## WHAT THIS TASK INVOLVES
Copy, from the entries below, each line where the word "names" can be found.

(Saved entries)
_ _ _ _ _

/// Returns what is usually meant by `:` after these tokens.
fn meaning_of_colon(tokens: &[Token], open: Option<&Open>, rest: &[u8]) -> &'static str {
    let last = tokens.len().saturating_sub(1);
    let behind = behind_blanks(rest, 1);
    if is_at(tokens, last.saturating_sub(1), Mark::Resource) {
        "a resource is declared with `=`: resource r = 2;"
    } else if is_declaration(tokens, tokens.len()) {
        "integers are declared without a type: integer x, y;"
    } else if is_lock(behind) {
        LOCK_HINT
    } else if is_type(behind) {
        "the integers of a process are declared after its first begin, without a type: integer x, y;"
    } else if behind.starts_with(b"=") {
        "an assignment is written x := 1, with no blank between `:` and `=`"
    } else if let Some(hint) = meaning_of_line_end(tokens, open) {
        hint
    } else if is_name(tokens, last) && is_statement_start(tokens, last) {
        "there are no labels: an arm goes on to the end of its statements; an assignment is written x := 1"
    } else if ends_value(tokens) {
        "statements are separated by semicolons: print 1; print 2"
    } else {
        "an assignment is written x := 1, with no blank between `:` and `=`"
    }
}

/// Returns whether a print or an assignment may end after some tokens.
fn ends_value(tokens: &[Token]) -> bool {
    let number = tokens.len();
    match statement_before(tokens, number) {
        Some(start) => {
            ends_expression(tokens, number.saturating_sub(1))
                && (is_at(tokens, start, Mark::Print)
                    || is_at(tokens, start.saturating_add(1), Mark::Assign))
        }
        None => false,
    }
}

/// Returns whether bytes begin with the name of a type of other languages.
fn is_type(bytes: &[u8]) -> bool {
    bytes.starts_with(b"int") || bytes.starts_with(b"bool")
}

/// Returns whether bytes begin with the name of a type of locks of other languages.
fn is_lock(bytes: &[u8]) -> bool {
    bytes.starts_with(b"semaphore") || bytes.starts_with(b"mutex") || bytes.starts_with(b"lock")
}

const LOCK_HINT: &str =
    "a thing that only some may have at once is a resource, declared before the first process: resource s = 1;";

/// Returns what is meant by a `:` with which other languages end a line that begins a list of statements.
fn meaning_of_line_end(tokens: &[Token], open: Option<&Open>) -> Option<&'static str> {
    let last = tokens.len().checked_sub(1)?;
    if is_at(tokens, last, Mark::Else) {
        return Some("an else is written else print 2 fi, without a colon");
    }
    if is_at(tokens, last.saturating_sub(1), Mark::Process) {
        return Some("a process is written process p begin print 1 end, without a colon");
    }
    let open = open?;
    if matches!(open.part, Some(Mark::Else))
        || matches!(open.part, Some(Mark::Do)) && is_number(tokens, last)
    {
        return None;
    }
    match (open.word, open.part) {
        (Mark::If, None) => Some("an if is written if x = 1 then print 1 fi, without a colon"),
        (Mark::While, None) => {
            Some("a while is written while x < 9 do x := x + 1 od, without a colon")
        }
        (Mark::Hold, None) => Some(
            "a hold is written hold 1 of tape do print 1 od, without a colon",
        ),
        _ => None,
    }
}
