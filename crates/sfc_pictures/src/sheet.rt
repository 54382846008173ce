//! What one drawing is made from.

use crate::conditions::Conditions;
use crate::sfc_instance::program_view::ProgramView;
use sfc_base::ids::TransitionId;
use sfc_base::references::StepId;
use sfc_page::append::{append, append_number};
use sfc_plant::chart::Chart;
use sfc_plant::names::Names;
use std::alloc::AllocError;

/// A chart with its names and the texts of its conditions, and how an instance of it stands, where that is shown.
#[derive(Drop)]
pub struct Sheet<'a> {
    /// Its number among the drawings of a picture, which parts the names of their nodes.
    pub number: usize,
    /// The numbers of its transitions as they win (2.6.5).
    pub ranked: Vec<TransitionId>,
    /// The names of what the chart refers to.
    pub names: Names<'a>,
    /// The chart.
    pub chart: &'a Chart,
    /// The conditions of all transitions of the plant.
    pub conditions: &'a Conditions,
    /// How many transitions stand in front of the chart's first.
    pub transitions_before: usize,
    /// How an instance of it stands.
    pub view: Option<ProgramView<'a>>,
}

impl<'a> Sheet<'a> {
    /// The time of a step that is active, in microseconds.
    pub fn active_for(&self, step: usize) -> Option<i64> {
        let Some(view) = &self.view else {
            return None;
        };
        let number = u16::try_from(step).ok()?;
        let step = StepId(number);
        if usize::from(number) < view.steps() && view.active(step) {
            Some(view.elapsed(step))
        } else {
            None
        }
    }

    /// Whether the latest scan cleared the transition.
    pub fn is_cleared(&self, transition: usize) -> bool {
        let Some(view) = &self.view else {
            return false;
        };
        match u16::try_from(transition) {
            Ok(number) => {
                usize::from(number) < view.transitions() && view.cleared(TransitionId(number))
            }
            Err(_) => false,
        }
    }

    /// The condition of a transition.
    pub fn condition(&self, transition: usize) -> &[u8] {
        self.conditions
            .of_transition(self.transitions_before.saturating_add(transition))
    }

    /// Puts the name of a node: the drawing's number, a letter for its kind, and its number. The one error is that memory was refused.
    pub fn append_node(
        &self,
        out: &mut Vec<u8>,
        kind: &[u8],
        number: usize,
    ) -> Result<(), AllocError> {
        append(out, b"c")?;
        append_number(out, self.number as u64)?;
        append(out, kind)?;
        append_number(out, number as u64)
    }
}
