//! What is told of a fault beside its place.

use crate::family::{Family, family_of, operator_of};
use crate::natural::{literal_type, natural};
use crate::referent::{Referent, is_part};
use crate::scope::Scope;
use sfc_base::location::Size;
use sfc_base::var_type::VarType;
use sfc_text::expression::{Expression, Variable as Name};
use sfc_text::tree::Literal;
use sfc_tokens::span::Span;

/// Types that are wanted, or that are there.
#[derive(Clone, Copy, Debug, PartialEq, Eq)]
pub enum Types {
    One(VarType),
    /// INT or DINT.
    Integers,
    /// INT, DINT or TIME.
    Numbers,
    /// An integer without a type.
    Untyped,
}

/// What is told of a fault beside its place.
#[derive(Clone, Copy, Debug, PartialEq, Eq)]
pub enum Detail {
    Nothing,
    /// Other types are wanted than are there.
    Types { wanted: Types, found: Types },
    /// A location of another size is wanted, or none, for the type.
    Sizes { var_type: VarType, found: Size },
    /// A number isn't one of the type's.
    Range { wanted: VarType, found: i64 },
    /// There are so many, and there may be so many at most.
    Count { found: usize, most: usize },
}

impl Detail {
    /// Another type is wanted than is there.
    pub fn mismatch(wanted: VarType, found: VarType) -> Detail {
        Detail::Types {
            wanted: Types::One(wanted),
            found: Types::One(found),
        }
    }
}

// Where a name is at fault that is not found, or is of another type: behind its dot where nothing has such a part.
fn place_of_name(name: &Name) -> Span {
    match &name.part {
        Some(part) if !is_part(part.spelling()) => part.span(),
        _ => name.name.span(),
    }
}

/// Where an expression itself is at fault, apart from its operands: the literal, the name or the operator.
pub(crate) fn place_of(expression: &Expression) -> Span {
    match expression {
        Expression::Literal(_, span) => *span,
        Expression::Variable(name) => place_of_name(name),
        Expression::Not(span, _) | Expression::Minus(span, _) => *span,
        Expression::Binary(_, span, _, _) => *span,
    }
}

// The number that a literal is.
fn number_of(literal: &Literal) -> i64 {
    match literal {
        Literal::Integer(number) | Literal::Int(number) | Literal::Dint(number) => *number,
        Literal::Bool(_) => 0,
        Literal::Time(time) => time.micros(),
    }
}

// The type that a literal was written with, in words.
fn types_of(literal: &Literal) -> Types {
    match literal_type(*literal) {
        Some(var_type) => Types::One(var_type),
        None => Types::Untyped,
    }
}

/// What is told of a literal that is wanted of a type: the range of the type where an integer doesn't fit, else both types.
pub fn literal_detail(literal: &Literal, wanted: VarType) -> Detail {
    let may_fit = match literal_type(*literal) {
        Some(var_type) => var_type == wanted,
        None => true,
    };
    if may_fit && wanted != VarType::Time {
        return Detail::Range {
            wanted,
            found: number_of(literal),
        };
    }
    Detail::Types {
        wanted: Types::One(wanted),
        found: types_of(literal),
    }
}

// What a sum or a product gives: the type of its operands, where the operator is one for it.
fn given(family: Family, natural: Option<VarType>) -> Types {
    match (family, natural) {
        (Family::Sum | Family::Product, Some(VarType::Int)) => Types::One(VarType::Int),
        (Family::Sum | Family::Product, Some(VarType::Dint)) => Types::One(VarType::Dint),
        (Family::Sum, Some(VarType::Time)) => Types::One(VarType::Time),
        (Family::Sum, _) => Types::Numbers,
        (Family::Product, _) => Types::Integers,
        (Family::Logical | Family::Equality | Family::Order, _) => Types::One(VarType::Bool),
    }
}

// Whether an operator of the family may give the type.
fn may_give(family: Family, wanted: VarType) -> bool {
    match family {
        Family::Logical | Family::Equality | Family::Order => wanted == VarType::Bool,
        Family::Sum => wanted != VarType::Bool,
        Family::Product => wanted == VarType::Int || wanted == VarType::Dint,
    }
}

// What is told of an operator, whose operands have such a type, and which is wanted to give a type: that it gives another
// one, or that it has no BOOL operands.
fn operator_detail(family: Family, wanted: VarType, natural: Option<VarType>) -> Detail {
    if may_give(family, wanted) {
        return Detail::Types {
            wanted: Types::Numbers,
            found: Types::One(VarType::Bool),
        };
    }
    Detail::Types {
        wanted: Types::One(wanted),
        found: given(family, natural),
    }
}

/// What is told of an expression that is itself at fault, apart from its operands, where it is wanted of a type.
pub(crate) fn detail_of<S: Scope>(expression: &Expression, scope: &S, wanted: VarType) -> Detail {
    match expression {
        Expression::Literal(literal, _) => literal_detail(literal, wanted),
        Expression::Variable(name) => match Referent::of_name(name, scope) {
            Some(referent) => Detail::mismatch(wanted, referent.var_type()),
            None => Detail::Nothing,
        },
        Expression::Not(_, _) => Detail::mismatch(wanted, VarType::Bool),
        Expression::Minus(_, operand) => {
            operator_detail(Family::Product, wanted, natural(operand, scope))
        }
        Expression::Binary(written, _, left, right) => {
            let operands = match natural(left, scope) {
                Some(var_type) => Some(var_type),
                None => natural(right, scope),
            };
            operator_detail(family_of(operator_of(*written)), wanted, operands)
        }
    }
}
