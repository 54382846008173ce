//! Which trees of a text are expressions and statements of the typed language, and which typed trees they are
//! (IEC 61131-3:2003, 3.3).
//!
//! - `check`: the typed tree of an expression of a wanted type; `check_body`: the typed trees of statements.
//! - `family`: the operators of a text, and which of them share a rule for types.
//! - `laws`: what holds of the definitions themselves.
//! - `literal`: literals of a wanted type; `natural`: the types that expressions have by themselves.
//! - `referent`: what names in expressions stand for; `scope`: where they are looked up.
//! - `type_error`: why an expression or a statement was refused; `placed_error`: and where; `detail`: what is told of
//!   it beside.
#![tactic(auto)]

pub mod check;
pub mod check_body;
pub mod detail;
pub mod family;
pub mod laws;
pub mod literal;
mod natural;
pub mod placed_error;
pub mod referent;
pub mod scope;
pub mod type_error;
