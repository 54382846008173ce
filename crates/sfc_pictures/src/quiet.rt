//! A report that writes nothing.

ghost use Rattle.std.specs.Prelude.{[], Some, ⊤};

use crate::sfc_debug::debugger::Debugger;
use crate::sfc_debug::timed::Timed;
use sfc_events::command::Answer;
use sfc_events::refusal::Refusal;
use sfc_page::page::Page;
use sfc_replay::report::Report;
use std::alloc::{AllocError, Global};

/// Nothing is written of a run.
#[derive(Clone, Copy, Debug)]
pub struct Quiet;

impl Report for Quiet {
    ghost lines = { λ _. Some (record { command = λ _ _ _. []; closing = λ _. [] }) };

    ghost fits = { λ _ _. ⊤ };

    ghost agrees = { λ _ _ _. ⊤ };

    fn put_answer(
        &mut self,
        _page: &mut Page,
        _debugger: &Debugger,
        _timed: &Timed,
        _answer: &Result<Answer, Refusal>,
    ) -> Result<(), AllocError> {
        Ok(())
    }

    fn append_closing(
        &mut self,
        _alloc: Global,
        _out: &mut Vec<u8>,
        _debugger: &Debugger,
    ) -> Result<(), AllocError> {
        Ok(())
    }
}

_ _ _ _ _

## RESULT OF THIS TASK
use sfc_plant::names::Names;
/// A chart with its names and the texts of its conditions, and how an instance of it stands, where that is shown.
    /// Its number among the drawings of a picture, which parts the names of their nodes.
    /// The names of what the chart refers to.
    pub names: Names<'a>,
//! - `referent`: what names in expressions stand for; `scope`: where they are looked up.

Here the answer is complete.